**EXERCISE BRIEF:**
Go through the listing below and list every line with "ConsoleError".

**GIVEN DATA:**
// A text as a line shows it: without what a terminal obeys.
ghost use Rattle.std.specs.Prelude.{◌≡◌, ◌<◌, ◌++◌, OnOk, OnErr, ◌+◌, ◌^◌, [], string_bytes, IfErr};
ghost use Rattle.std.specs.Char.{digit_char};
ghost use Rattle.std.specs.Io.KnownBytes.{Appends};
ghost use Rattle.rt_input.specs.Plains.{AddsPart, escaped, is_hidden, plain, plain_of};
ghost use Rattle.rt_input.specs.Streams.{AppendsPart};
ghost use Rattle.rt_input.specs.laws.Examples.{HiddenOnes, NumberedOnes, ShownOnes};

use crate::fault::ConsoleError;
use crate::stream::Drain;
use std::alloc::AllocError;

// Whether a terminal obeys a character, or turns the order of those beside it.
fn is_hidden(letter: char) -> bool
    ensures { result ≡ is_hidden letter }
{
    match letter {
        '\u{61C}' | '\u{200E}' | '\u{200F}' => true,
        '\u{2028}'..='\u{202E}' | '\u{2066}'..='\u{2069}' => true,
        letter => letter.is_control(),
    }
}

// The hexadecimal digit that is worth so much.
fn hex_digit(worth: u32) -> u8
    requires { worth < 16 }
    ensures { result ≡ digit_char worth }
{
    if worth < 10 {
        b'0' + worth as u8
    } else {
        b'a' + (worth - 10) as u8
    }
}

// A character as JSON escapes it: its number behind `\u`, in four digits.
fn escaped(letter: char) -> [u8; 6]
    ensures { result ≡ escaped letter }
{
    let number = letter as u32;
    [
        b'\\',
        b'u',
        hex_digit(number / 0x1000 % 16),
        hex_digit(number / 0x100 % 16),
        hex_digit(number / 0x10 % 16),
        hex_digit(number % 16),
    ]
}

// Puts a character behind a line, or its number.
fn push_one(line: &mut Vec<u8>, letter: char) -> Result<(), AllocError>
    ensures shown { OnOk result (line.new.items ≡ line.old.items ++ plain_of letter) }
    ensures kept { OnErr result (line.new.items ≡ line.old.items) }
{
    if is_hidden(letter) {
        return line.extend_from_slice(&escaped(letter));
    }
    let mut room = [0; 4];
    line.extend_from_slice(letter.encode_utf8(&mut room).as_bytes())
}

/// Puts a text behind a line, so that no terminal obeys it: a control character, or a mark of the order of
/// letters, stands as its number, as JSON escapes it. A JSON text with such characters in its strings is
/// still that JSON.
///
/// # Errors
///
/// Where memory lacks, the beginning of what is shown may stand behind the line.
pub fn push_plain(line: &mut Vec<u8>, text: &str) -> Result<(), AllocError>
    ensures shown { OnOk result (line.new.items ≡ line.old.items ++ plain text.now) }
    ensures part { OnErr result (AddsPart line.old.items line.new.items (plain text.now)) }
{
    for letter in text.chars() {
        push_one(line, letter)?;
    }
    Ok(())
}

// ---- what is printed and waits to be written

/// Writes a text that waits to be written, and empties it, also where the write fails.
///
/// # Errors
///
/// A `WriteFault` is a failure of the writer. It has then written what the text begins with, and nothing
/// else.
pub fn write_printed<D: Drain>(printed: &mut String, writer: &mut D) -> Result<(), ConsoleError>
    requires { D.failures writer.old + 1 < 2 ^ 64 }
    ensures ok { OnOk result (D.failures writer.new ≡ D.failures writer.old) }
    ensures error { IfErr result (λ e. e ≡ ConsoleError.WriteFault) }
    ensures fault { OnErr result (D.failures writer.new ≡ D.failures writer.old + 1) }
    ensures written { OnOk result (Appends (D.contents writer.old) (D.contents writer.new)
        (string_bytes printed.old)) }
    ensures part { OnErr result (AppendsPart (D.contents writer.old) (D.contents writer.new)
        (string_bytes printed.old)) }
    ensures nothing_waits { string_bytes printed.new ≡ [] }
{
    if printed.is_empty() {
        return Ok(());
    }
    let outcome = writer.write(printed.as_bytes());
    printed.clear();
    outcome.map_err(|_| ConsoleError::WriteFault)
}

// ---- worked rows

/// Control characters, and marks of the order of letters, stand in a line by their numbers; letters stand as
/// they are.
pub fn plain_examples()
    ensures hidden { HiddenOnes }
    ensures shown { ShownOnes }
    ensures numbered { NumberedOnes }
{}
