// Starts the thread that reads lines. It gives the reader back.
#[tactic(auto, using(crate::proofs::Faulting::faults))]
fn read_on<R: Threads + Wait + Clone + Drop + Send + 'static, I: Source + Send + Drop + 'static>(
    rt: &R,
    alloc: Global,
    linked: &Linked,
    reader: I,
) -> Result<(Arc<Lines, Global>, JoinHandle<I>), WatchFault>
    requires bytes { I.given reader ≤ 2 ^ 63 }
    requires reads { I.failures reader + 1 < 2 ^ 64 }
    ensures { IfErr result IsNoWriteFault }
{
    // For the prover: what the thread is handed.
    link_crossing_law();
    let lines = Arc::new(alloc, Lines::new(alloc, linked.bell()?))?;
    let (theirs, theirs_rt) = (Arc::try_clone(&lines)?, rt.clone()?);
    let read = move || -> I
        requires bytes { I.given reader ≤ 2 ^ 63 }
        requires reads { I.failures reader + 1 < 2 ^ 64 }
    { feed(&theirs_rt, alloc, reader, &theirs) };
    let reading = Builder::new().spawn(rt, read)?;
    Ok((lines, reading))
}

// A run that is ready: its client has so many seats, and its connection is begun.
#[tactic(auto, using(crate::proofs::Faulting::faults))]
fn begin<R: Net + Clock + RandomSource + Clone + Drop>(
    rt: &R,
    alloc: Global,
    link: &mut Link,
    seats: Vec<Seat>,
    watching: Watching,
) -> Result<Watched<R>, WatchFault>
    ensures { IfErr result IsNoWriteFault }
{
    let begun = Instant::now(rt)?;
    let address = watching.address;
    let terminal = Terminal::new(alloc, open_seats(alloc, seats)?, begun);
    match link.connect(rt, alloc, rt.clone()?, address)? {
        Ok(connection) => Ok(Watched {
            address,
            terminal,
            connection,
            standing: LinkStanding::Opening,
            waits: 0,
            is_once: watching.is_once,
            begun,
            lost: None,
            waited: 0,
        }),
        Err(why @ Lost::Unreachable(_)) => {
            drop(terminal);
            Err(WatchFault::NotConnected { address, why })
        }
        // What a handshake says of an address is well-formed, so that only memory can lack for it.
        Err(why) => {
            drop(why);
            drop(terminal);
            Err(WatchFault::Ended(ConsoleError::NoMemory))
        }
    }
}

**TASK RESULT:**
use crate::fault::ConsoleError;
pub fn write_printed<D: Drain>(printed: &mut String, writer: &mut D) -> Result<(), ConsoleError>
    ensures error { IfErr result (λ e. e ≡ ConsoleError.WriteFault) }
    outcome.map_err(|_| ConsoleError::WriteFault)
            Err(WatchFault::Ended(ConsoleError::NoMemory))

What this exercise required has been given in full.